INDIAN investors are now looking beyond the traditional asset classes like bank deposits, equities, mutual funds and physical real estate as investment avenues. They have started exploring alternative asset classes as a way of trying to increase their returns and/or diversify risks.
One such asset class that is gaining popularity is real estate investment trust (REIT), which is like an investment or a fund. These are in the form of pooled funds of investors that offer an opportunity to diversify investments across various real estate segments with a smaller capital base (unlike the case of fully owning a commercial real estate, which requires a large capital base) and ensure high dividend yields. The funds invest in portfolios of commercial, pre-rented properties such as shopping malls, office buildings and hotels and distribute the rental income periodically/quarterly. In addition to the rentals, the investors also share the capital appreciation whenever the property is sold.
REITs are set up as corporations or business trusts. They are either public or private enterprises. Public REITs are open to the general public and are listed on one of the major securities exchange. Private REITs are generally restricted to fewer (mostly institutional) parties.
HNIs have, for a long time, been investing in commercial real estate and enjoyed nominal rentals. With a transformation in the real estate sector over the past few years, the focus has shifted towards Grade-A commercial properties such as IT parks, large commercial buildings, offering world-class amenities. These properties offer good rentals from established and reputed tenants as a result of which, Indian investors are currently enjoying annualised commercial rental yields, as high as 11-13% (against other countries that have yields as low as 3-4%), apart from annual capital appreciation. Thus, over the life of the investment, rentals can pay back almost half the invested corpus through yields, thereby providing some amount of safety to the portfolio.

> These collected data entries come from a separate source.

// Seats in threads of their own.
ghost use Rattle.std.specs.Prelude.{◌≡◌};

use crate::calls::clusters;
use crate::sites::{Happens, Left, Site, put};
use crate::threads::all_work;
use std::alloc::Global;
use std::marker::Brand;
use std::sync::Wait;
use std::test::Fail;
use std::thread::Threads;
use xds_node::{JournalLine, NodeName, Opened, SharedNode};
use xds_resource::Refusal;

const SEATS: usize = 4;

const PUTS: usize = 1000;

// A seat with the number of its thread, and the counters that it was told.
#[derive(Drop)]
pub(crate) struct Worker<S> {
    seat: S,
    number: usize,
    counters: Vec<u64>,
    done: Result<(), Refusal>,
}

pub(crate) fn workers<A: Site, R: Wait>(
    rt: &R,
    alloc: Global,
    node: &A,
) -> Result<Vec<Worker<A::Seat>>, Refusal> {
    let mut workers = Vec::new(alloc);
    for number in 0..SEATS {
        workers.push(Worker {
            seat: node.seat(rt)?,
            number,
            counters: Vec::new(alloc),
            done: Ok(()),
        })?;
    }
    Ok(workers)
}

// Puts clusters with names of its own.
pub(crate) fn worked<A: Site, R: Wait>(
    rt: &R,
    alloc: Global,
    node: &A,
    worker: Worker<A::Seat>,
) -> Worker<A::Seat> {
    let mut worker = worker;
    worker.done = puts(
        rt,
        alloc,
        node,
        &mut worker.seat,
        worker.number,
        &mut worker.counters,
    );
    worker
}

fn puts<A: Site, R: Wait>(
    rt: &R,
    alloc: Global,
    node: &A,
    seat: &mut A::Seat,
    number: usize,
    counters: &mut Vec<u64>,
) -> Result<(), Refusal> {
    for index in 0..PUTS {
        let name = format!(in alloc; "{number}-{index}")?;
        counters.push(put(rt, alloc, node, seat, name.as_str())?)?;
    }
    Ok(())
}

// What four threads were told.
#[derive(Clone, Copy)]
struct Outcome {
    // How many counters from 1 to 4,000 were told, and how many others, or again.
    told: usize,
    others: usize,
    complete: bool,
    records: usize,
}

// Counts what a worker was told.
fn count(outcome: &mut Outcome, seen: &mut Vec<bool>, counters: &Vec<u64>) {
    for counter in counters.as_slice() {
        match seen.get_mut(counter.wrapping_sub(1) as usize) {
            Some(place) if !*place => {
                *place = true;
                outcome.told = outcome.told.wrapping_add(1);
            }
            _ => outcome.others = outcome.others.wrapping_add(1),
        }
    }
}

// The same of a worker that is done, whose seat is put to the others.
fn collect<S: Drop>(
    outcome: &mut Outcome,
    seen: &mut Vec<bool>,
    seats: &mut Vec<S>,
    worker: Worker<S>,
) -> Result<(), Refusal> {
    let Worker {
        seat,
        counters,
        done,
        ..
    } = worker;
    count(outcome, seen, &counters);
    drop(counters);
    seats.push(seat)?;
    done
}

// Counts what all workers were told, and gives back their seats.
fn counted<S: Drop>(
    alloc: Global,
    outcome: &mut Outcome,
    workers: Vec<Worker<S>>,
) -> Result<Vec<S>, Refusal> {
    let mut seen = Vec::new(alloc);
    seen.resize(SEATS * PUTS, false)?;
    let mut seats = Vec::new(alloc);
    for worker in workers {
        collect(outcome, &mut seen, &mut seats, worker)?;
    }
    Ok(seats)
}

// What is left of a node, and what its workers were told.
fn four<A: Site>(
    alloc: Global,
    node: A,
    done: Result<Vec<Worker<A::Seat>>, Refusal>,
) -> Result<Outcome, Refusal> {
    let mut outcome = Outcome {
        told: 0,
        others: 0,
        complete: false,
        records: 0,
    };
    let seats = counted(alloc, &mut outcome, done?)?;
    let left = node.close(seats);
    outcome.complete = left.is_complete();
    outcome.records = left.count();
    Ok(outcome)
}

fn four_seats<N: NodeName + Send + Sync, R: Threads + Wait + Sync>(
    rt: &R,
    alloc: Global,
    opened: Opened<JournalLine>,
) -> Result<Outcome, Refusal>
    requires name { opened ≡ N.id }
    requires number { N.replica ≡ 1 }
{
    let node = SharedNode::<N>::new(alloc, opened, 1)?;
    let done = all_work(rt, alloc, &node);
    four(alloc, node, done)
}

// rule: one-seat
#[test]
fn four_seats_are_told_each_counter_once(rt: HostRuntime) -> Result<(), Fail> {
    let opened = Opened::<JournalLine>::new(rt.alloc())?;
    let outcome = four_seats::<Brand, _>(&rt, rt.alloc(), opened)?;
    assert!(rt;
        outcome.told == 4000,
        "each counter from 1 to 4,000 was told"
    );
    assert!(rt; outcome.others == 0, "none was told twice, and no other");
    assert!(rt; outcome.complete, "all four seats were handed in");
    assert!(rt; outcome.records == 4000, "each put is in the journal");
    Ok(())
}

// How many clusters a seat that put one finds in a snapshot, and the writer of the first.
fn found<A: Site, R: Wait>(
    rt: &R,
    alloc: Global,
    node: Result<A, Refusal>,
) -> Result<(usize, u16), Refusal> {
    let node = node?;
    let mut seat = node.seat(rt)?;
    put(rt, alloc, &node, &mut seat, "a")?;
    clusters(node.call(rt, &mut seat, A::Event::snapshot()))
}

fn finds_its_write<N: NodeName, R: Wait>(
    rt: &R,
    alloc: Global,
    opened: Opened<JournalLine>,
) -> Result<(usize, u16), Refusal>
    requires name { opened ≡ N.id }
    requires number { N.replica ≡ 7 }
{
    found(rt, alloc, SharedNode::<N>::new(alloc, opened, 7))
}

// rule: one-seat
#[test]
fn a_seat_reads_what_it_wrote(rt: HostRuntime) -> Result<(), Fail> {
    let opened = Opened::<JournalLine>::new(rt.alloc())?;
    let (clusters, writer) = finds_its_write::<Brand, _>(&rt, rt.alloc(), opened)?;
    assert!(rt; clusters == 1, "the snapshot has the cluster");
    assert!(rt;
        writer == 7,
        "the node's replica has the number that it was given"
    );
    Ok(())
}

REITs have been a popular form of investment vehicle in the developed markets, especially in the US, the UK, Australia, Japan and Singapore. The concept of REITs is still taking form in most of the Asian markets. In the US, REITs have a tax advantage like mutual funds on the distribution of income. In India, there is no legislation yet for the establishment of REITs. Although Sebi has issued draft guidelines for REITs for discussions, final regulations are still awaited. If tax benefits were made available in India, it will boost the retail investments in REITS, providing an alternate asset class for investments.
Despite all the legislative glitches, REITs are soon going to carve out a niche for themselves in the Indian market and grow exponentially, given the development pipeline. Moreover, the growing popularity of REITs clearly demonstrates that realestate investments require strict due diligence and sectoral expertise. Investments through venture or private equity route allow better negotiations, making these decisions yield stable returns even during an economic downturn.
However, the Indian realty market also needs to develop on the back of a research-driven, structured, investment approach, which has a long-term perspective. Investors should judiciously choose investment managers, with a talented pool of individuals having an established investment pedigree and track record of returning capital and providing returns to investors. It is important to spread one's investment across various asset classes available, allowing overall stability to the portfolio.